Assigned task -> What you return should match the data below exactly, with every entry reproduced.

Provided information ->
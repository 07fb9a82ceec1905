//! Tools over streams of losses: each record is judged by the ids that there are and by what its run adds to, and each closed run
//! is handed to the tool: insured losses, losses net of what layers take, summaries.
#![tactic(auto)]

mod heading;
mod insured;
mod judging;
mod known;
mod net;
mod summaries;
mod summing;
mod table;

pub use insured::write_insured;
pub use net::write_net;
pub use summaries::write_summaries;
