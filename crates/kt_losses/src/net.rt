//! Losses net of what the layers of a programme take.
//! The rules: docs/COMMANDS.md, "fmcalc"; docs/FINANCIAL_MODULE.md, "Reinsurance".
ghost use Rattle.std.specs.Prelude.{◌≡◌, ◌≤◌, ◌<◌, true, IfOk};
ghost use Rattle.kt_ends.specs.Ending.{StreamToolEnds};
ghost use Rattle.kt_keys.specs.Refusals.{is_loaded};
ghost use Rattle.kt_loop.specs.Running.{stream_uses};
ghost use Rattle.kt_losses.specs.Judged.{judged_outcome};
ghost use Rattle.kt_losses.specs.Tables.{net_table};
ghost use Rattle.kt_rec.specs.declared.table.Table.TheVariants as table;
ghost use Rattle.kt_ri.specs.Stages.{IsStage};
ghost use Rattle.kt_fmtree.specs.Programme.{tree_of};

use crate::heading::put_heading;
use crate::judging::write_losses;
use crate::table::LossTool;
use kt_ends::ToolStop;
use kt_money::Bytes;
use kt_out::{Sink, Source};
use kt_ri::{put_net, stage_of};
use kt_stream::{Head, LossRecord, Placed};
use kt_structure::Structure;
use kt_tables::Portfolio;
use std::alloc::{AllocError, Global};

/// The losses net of what the layers of the base, at 0, or of a stage take, by an allocation rule.
#[derive(Drop)]
struct NetLosses {
    alloc: Global,
    rule: u32,
    stage: u32,
    structure: Structure,
}

impl LossTool for NetLosses {
    ghost use Rattle.std.specs.Prelude.{◌≡◌, ◌≤◌};
    ghost use Rattle.kt_fmtree.specs.Programme.{tree_of};
    ghost use Rattle.kt_ri.specs.Stages.{IsStage};
    ghost use Rattle.kt_losses.specs.Tables.{net_table};

    ghost table = { λ tool. net_table tool.rule tool.stage };

    ghost serves = { λ portfolio tool. ((1 ≤ tool.rule) × (tool.rule ≤ 2)) × IsStage (tree_of portfolio.rows tool.stage) tool.structure };

    fn of_items(&self) -> bool {
        self.stage == 0
    }

    fn put_heading(&self, head: Head, out: &mut Bytes) -> Result<(), AllocError> {
        put_heading(head, out)
    }

    fn put_run(
        &self,
        _portfolio: &Portfolio,
        head: Head,
        run: &[Placed<LossRecord>],
        out: &mut Bytes,
    ) -> Result<(), AllocError> {
        put_net(
            self.alloc,
            &self.structure,
            head.samples,
            self.rule,
            run,
            out,
        )
    }
}

/// The tool of a portfolio.
fn net_losses(
    alloc: Global,
    rule: u32,
    stage: u32,
    portfolio: &Portfolio,
) -> Result<NetLosses, AllocError>
    requires stage { stage < 10 }
    requires programme { is_loaded portfolio.now.need stage table.FmProgramme ≡ true }
    ensures rule { IfOk result (λ tool. tool.rule ≡ rule) }
    ensures stage { IfOk result (λ tool. tool.stage ≡ stage) }
    ensures structure { IfOk result (λ tool. IsStage (tree_of portfolio.now.rows stage) tool.structure) }
{
    let structure = stage_of(alloc, portfolio, stage)?;
    Ok(NetLosses {
        alloc,
        rule,
        stage,
        structure,
    })
}

/// Reads a stream of ground-up losses, for the base, at 0, or of losses of outputs, for a stage from 1 to 9, and writes them net
/// of what its layers take, by a portfolio whose programme of that stage is loaded, by allocation rule 1 or 2. An error
/// is what refuses the stream, a record of it or its samples, a fault of the source or of the sink, or want of memory:
/// where it is refused the output of what came before is written, and any other error leaves some front of the output.
pub fn write_net<S: Source, K: Sink>(
    alloc: Global,
    rule: u32,
    stage: u32,
    portfolio: &Portfolio,
    source: &mut S,
    sink: &mut K,
) -> Result<(), ToolStop>
    requires some { 1 ≤ rule }
    requires rule { rule ≤ 2 }
    requires stage { stage < 10 }
    requires programme { is_loaded portfolio.now.need stage table.FmProgramme ≡ true }
    ensures { StreamToolEnds (stream_uses true) (λ _ bytes. judged_outcome (net_table rule stage) portfolio.now bytes) (S.state source.old) (S.state source.new) (K.state sink.old) (K.state sink.new) result }
{
    let tool = net_losses(alloc, rule, stage, portfolio)?;
    write_losses(alloc, portfolio, tool, source, sink)
}
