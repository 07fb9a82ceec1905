//! Writing what is pending.
//! The rule: docs/STREAMS.md, "Tools over streams".
ghost use Rattle.std.specs.Prelude.{◌≡◌, ℕ, List, [], Option, OnOk};
ghost use Rattle.kt_loop.specs.Counts.{CountsWrite};
ghost use Rattle.kt_loop.specs.Given.{Given, Spills};

use kt_ends::{ToolStop, write_stop};
use kt_money::Bytes;
use kt_out::{Sink, write_all};

/// Writes all that is pending.
pub(crate) fn spill<K: Sink>(sink: &mut K, out: &mut Bytes) -> Result<(), ToolStop>
    ensures written { (before : Option (List ℕ)) (text : List ℕ) → Given before (K.state sink.old).taken out.old text → Spills before (K.state sink.new).taken out.new text result }
    ensures emptied { OnOk result (out.new ≡ []) }
    ensures counted { CountsWrite (K.state sink.old).faults (K.state sink.new).faults result }
{
    if let Err(fault) = write_all(sink, out.as_slice()) {
        return Err(write_stop(fault));
    }
    out.truncate(0);
    Ok(())
}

Solution to this task ->
repository 07fb9a82ceec1905
//! Tools over streams of losses: each record is judged by the ids that there are and by what its run adds to, and each closed run
//! is handed to the tool: insured losses, losses net of what layers take, summaries.
#![tactic(auto)]

mod heading;
mod insured;
mod judging;
mod known;
mod net;
mod summaries;
mod summing;
mod table;

pub use insured::write_insured;
pub use net::write_net;
pub use summaries::write_summaries;
filename crates/kt_losses/src/net.rt
//! Losses net of what the layers of a programme take.
//! The rules: docs/COMMANDS.md, "fmcalc"; docs/FINANCIAL_MODULE.md, "Reinsurance".
ghost use Rattle.std.specs.Prelude.{◌≡◌, ◌≤◌, ◌<◌, true, IfOk};
ghost use Rattle.kt_ends.specs.Ending.{StreamToolEnds};
ghost use Rattle.kt_keys.specs.Refusals.{is_loaded};
ghost use Rattle.kt_loop.specs.Running.{stream_uses};
ghost use Rattle.kt_losses.specs.Judged.{judged_outcome};
ghost use Rattle.kt_losses.specs.Tables.{net_table};
ghost use Rattle.kt_rec.specs.declared.table.Table.TheVariants as table;
ghost use Rattle.kt_ri.specs.Stages.{IsStage};
ghost use Rattle.kt_fmtree.specs.Programme.{tree_of};

use crate::heading::put_heading;
use crate::judging::write_losses;
use crate::table::LossTool;
use kt_ends::ToolStop;
use kt_money::Bytes;
use kt_out::{Sink, Source};
use kt_ri::{put_net, stage_of};
use kt_stream::{Head, LossRecord, Placed};
use kt_structure::Structure;
use kt_tables::Portfolio;
use std::alloc::{AllocError, Global};

/// The losses net of what the layers of the base, at 0, or of a stage take, by an allocation rule.
#[derive(Drop)]
struct NetLosses {
    alloc: Global,
    rule: u32,
    stage: u32,
    structure: Structure,
}

impl LossTool for NetLosses {
    ghost use Rattle.std.specs.Prelude.{◌≡◌, ◌≤◌};
    ghost use Rattle.kt_fmtree.specs.Programme.{tree_of};
    ghost use Rattle.kt_ri.specs.Stages.{IsStage};
    ghost use Rattle.kt_losses.specs.Tables.{net_table};

    ghost table = { λ tool. net_table tool.rule tool.stage };

    ghost serves = { λ portfolio tool. ((1 ≤ tool.rule) × (tool.rule ≤ 2)) × IsStage (tree_of portfolio.rows tool.stage) tool.structure };

    fn of_items(&self) -> bool {
        self.stage == 0
    }

    fn put_heading(&self, head: Head, out: &mut Bytes) -> Result<(), AllocError> {
        put_heading(head, out)
    }

    fn put_run(
        &self,
        _portfolio: &Portfolio,
        head: Head,
        run: &[Placed<LossRecord>],
        out: &mut Bytes,
    ) -> Result<(), AllocError> {
        put_net(
            self.alloc,
            &self.structure,
            head.samples,
            self.rule,
            run,
            out,
        )
    }
}

/// The tool of a portfolio.
fn net_losses(
    alloc: Global,
    rule: u32,
    stage: u32,
    portfolio: &Portfolio,
) -> Result<NetLosses, AllocError>
    requires stage { stage < 10 }
    requires programme { is_loaded portfolio.now.need stage table.FmProgramme ≡ true }
    ensures rule { IfOk result (λ tool. tool.rule ≡ rule) }
    ensures stage { IfOk result (λ tool. tool.stage ≡ stage) }
    ensures structure { IfOk result (λ tool. IsStage (tree_of portfolio.now.rows stage) tool.structure) }
{
    let structure = stage_of(alloc, portfolio, stage)?;
    Ok(NetLosses {
        alloc,
        rule,
        stage,
        structure,
    })
}

/// Reads a stream of ground-up losses, for the base, at 0, or of losses of outputs, for a stage from 1 to 9, and writes them net
/// of what its layers take, by a portfolio whose programme of that stage is loaded, by allocation rule 1 or 2. An error
/// is what refuses the stream, a record of it or its samples, a fault of the source or of the sink, or want of memory:
/// where it is refused the output of what came before is written, and any other error leaves some front of the output.
pub fn write_net<S: Source, K: Sink>(
    alloc: Global,
    rule: u32,
    stage: u32,
    portfolio: &Portfolio,
    source: &mut S,
    sink: &mut K,
) -> Result<(), ToolStop>
    requires some { 1 ≤ rule }
    requires rule { rule ≤ 2 }
    requires stage { stage < 10 }
    requires programme { is_loaded portfolio.now.need stage table.FmProgramme ≡ true }
    ensures { StreamToolEnds (stream_uses true) (λ _ bytes. judged_outcome (net_table rule stage) portfolio.now bytes) (S.state source.old) (S.state source.new) (K.state sink.old) (K.state sink.new) result }
{
    let tool = net_losses(alloc, rule, stage, portfolio)?;
    write_losses(alloc, portfolio, tool, source, sink)
}
repository 07fb9a82ceec1905
//! Writing what is pending.
//! The rule: docs/STREAMS.md, "Tools over streams".
ghost use Rattle.std.specs.Prelude.{◌≡◌, ℕ, List, [], Option, OnOk};
ghost use Rattle.kt_loop.specs.Counts.{CountsWrite};
ghost use Rattle.kt_loop.specs.Given.{Given, Spills};

use kt_ends::{ToolStop, write_stop};
use kt_money::Bytes;
use kt_out::{Sink, write_all};

/// Writes all that is pending.
pub(crate) fn spill<K: Sink>(sink: &mut K, out: &mut Bytes) -> Result<(), ToolStop>
    ensures written { (before : Option (List ℕ)) (text : List ℕ) → Given before (K.state sink.old).taken out.old text → Spills before (K.state sink.new).taken out.new text result }
    ensures emptied { OnOk result (out.new ≡ []) }
    ensures counted { CountsWrite (K.state sink.old).faults (K.state sink.new).faults result }
{
    if let Err(fault) = write_all(sink, out.as_slice()) {
        return Err(write_stop(fault));
    }
    out.truncate(0);
    Ok(())
}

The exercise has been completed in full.